Local Portland news sources report that the city’s decision to cut police funding by $16 million, in line with many other Democrat-run cities that have slashed budgets, has led to a steep rise in violent crime.

“Homicides in Portland increased from 28 in 2019 to 54 in 2020. Among cities similar in size to Portland, Seattle saw an increase from 34 to 53 homicides, in Minneapolis, a spike from 48 to 82, and Milwaukee saw homicides increase from 97 to 190 from 2019 to 2020,” KGW reported in June. KGW added that Portland is likely to see around a thousand homicides before the end of the year. 

Much of the crime and lack of policing has been exacerbated by the presence of Antifa and BLM-led demonstrations in the city, which have become commonplace. Following the death of George Floyd last summer, left-wing activists went on a 100-plus day streak of nightly demonstrations causing an estimated $23 million in damages, and $2 million in damages to federal buildings in downtown Portland.

The protests called on the city of Portland to “defund the police,” prompting the city council to slash the police budget by $16 million. In addition to budget cuts, the move included removing the Central Precinct Entertainment Detail, which assigned officers to the city’s nightlife scene. Now only two officers patrol the area.

There are now around 120 fewer Portland police officers on the force than there were last summer — a force too small and insufficient to handle the city’s bustling nightlife scene. 

According to Willamette Week, the void in law enforcement has prompted local businesses to take up the services of armed mercenaries — essentially “to keep parties from turning into shootouts.” 

The paper reports that one of those private military contractors, the Ravencrest Force Protection Group, has units to patrol Portland’s Old Town district. The PMC is one of three companies with armed guards in the area, hired after a gunman committed a mass shooting at a bar. 

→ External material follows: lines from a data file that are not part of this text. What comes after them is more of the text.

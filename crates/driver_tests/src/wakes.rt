//! A submitter that waits is woken by each call that ends what it waits for.

ghost use Rattle.std.specs.Prelude.{◌≡◌};
ghost use Rattle.step_core.specs.Opening.{opening_of};

use crate::looks::{comes, let_sleep, see};
use crate::part::{USUAL, opened, play_text};
use block_image::Image;
use driver_book::{BlankBook, Full, FullLogBrand, LogBrand};
use driver_threads::{Gate, GateClosed, Job, JobEnd, JobRefusal, Point, Shared, poller, submitter};
use entry_codec::Status;
use io_commands::Kind;
use session_scripts::desk::runs::{is_done, job};
use session_scripts::desk::values::draft_of;
use session_scripts::desk::{Access, Desk, Value};
use std::alloc::Global;
use std::marker::Brand;
use std::process::Abort;
use std::sync::Wait;
use std::sync::atomic::{AtomicBool, Ordering};
use std::thread;
use std::thread::Threads;
use std::time::Clock;
use step_core::Config;

/// A call that is made while a submitter sleeps. Each number is that of a queue, and each command has identifier 0.
#[derive(Clone, Copy)]
enum Call {
    /// Of a draft of queue 1.
    Cancel,
    /// Of entries that are unfetched.
    Ring(u16),
    /// Of the next entry.
    Fetch(u16),
    /// Of one unit.
    Walk(u16),
    /// Of the command.
    Complete(u16),
    /// Of the next completion.
    Reap(u16),
    /// Of a queue that is live.
    DeleteSq(u16),
    /// Of a queue that is gone.
    CreateCq(u16),
    /// Of a queue that is half made.
    CreateSq(u16),
    /// Of a queue that is deleted.
    Retire(u16),
    /// Of these bytes, into slot 0 of queue 1.
    Forge([u8; 16]),
    /// Of the controller.
    Reset,
    /// Of the workers, which are told so.
    Stop,
}

/// How a job ends.
#[derive(Clone, Copy)]
enum End {
    /// It is a Read of one block of zeros, with this status.
    Read(Status),
    /// It is refused.
    Refused(JobRefusal),
}

/// A submitter that sleeps, and the calls, the last of which ends what it waits for. All of its jobs are on queue 1.
#[derive(Clone, Copy)]
struct Waking {
    /// What wakes whom.
    name: &'static str,
    /// What is played at the desk before the submitter comes.
    before: &'static [&'static str],
    /// The kind of each job, its blocks, and the bytes that it brings.
    jobs: &'static [(Kind, u32, &'static [u8])],
    /// Whether it submits a command before it sleeps.
    submits: bool,
    /// Whether a poller sleeps too.
    polls: bool,
    /// The calls.
    calls: &'static [Call],
    /// How each job ends.
    ends: &'static [End],
    /// How many entries the log has then; no wait made one.
    entries: usize,
}

/// 16 pages, of which queues 0, 1 and 2 own six, and three identifiers a queue.
const TWO_QUEUES: Config = Config { queues: 2, ..USUAL };

/// How often each wait is tried. In a single try a thread might not sleep yet as the last call is made.
const ROUNDS: u32 = 3;

/// How far the submitter has come.
#[derive(Drop)]
struct Progress {
    submitted: AtomicBool,
    back: AtomicBool,
}

impl Gate for Progress {
    fn at(&self, _worker: u16, point: Point) -> Result<(), GateClosed> {
        if point == Point::Submitted {
            self.submitted.store(true, Ordering::SeqCst);
        }
        Ok(())
    }
}

/// It waits for the end of its Read. Its next job finds no queue.
const COMMAND_ENDS: Waking = Waking {
    name: "a reset, for a command",
    before: &[],
    jobs: &[(Kind::Read, 1, &[]), (Kind::Read, 1, &[])],
    submits: true,
    polls: false,
    calls: &[Call::Reset],
    ends: &[
        End::Read(Status::ABORTED_SQ_DELETION),
        End::Refused(JobRefusal::NoQueue),
    ],
    entries: 6,
};

/// Drafts have all three identifiers of queue 1.
const NO_IDENTIFIER: &str = "reserve 1 read 0 1 0+512
> reserve q 1 cid 0 data 1 chain 0
reserve 1 read 0 1 0+512
> reserve q 1 cid 1 data 1 chain 0
reserve 1 read 0 1 0+512
> reserve q 1 cid 2 data 1 chain 0
> counts free 7 queue 6 chain 0 data 3
";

This spring, the city’s nightclubs reopened—in the midst of a wave of gunfire killing Black people at a rate seen nowhere else in the country (see “Worse Than Chicago”). Within days of reopening, bars in the city’s Entertainment District were packed. In fact, Old Town bar owners say July was their busiest month ever.

Amid the flourishing nightlife scene: many bullets. Less than a month after a gunman opened fire at Shake Bar, an 18-year-old woman was killed in front of a row of food carts in Old Town on July 17. The shooter wounded six others.

But amid the booming business and gun violence, the Portland Police Bureau hasn’t kept pace. Following last year’s budget cuts, the bureau last July dissolved its nightlife unit—the Central Precinct Entertainment Detail. Currently, only two Portland police officers are assigned to the neighborhood’s nightlife scene, compared to nine before, according to Police Bureau spokesman Lt. Greg Pashley.

Amid the surge in violent crime, Portland Mayor Ted Wheeler said that he is personally fed up with the violence that has beset the city, but his remarks have amounted to little action, thus far.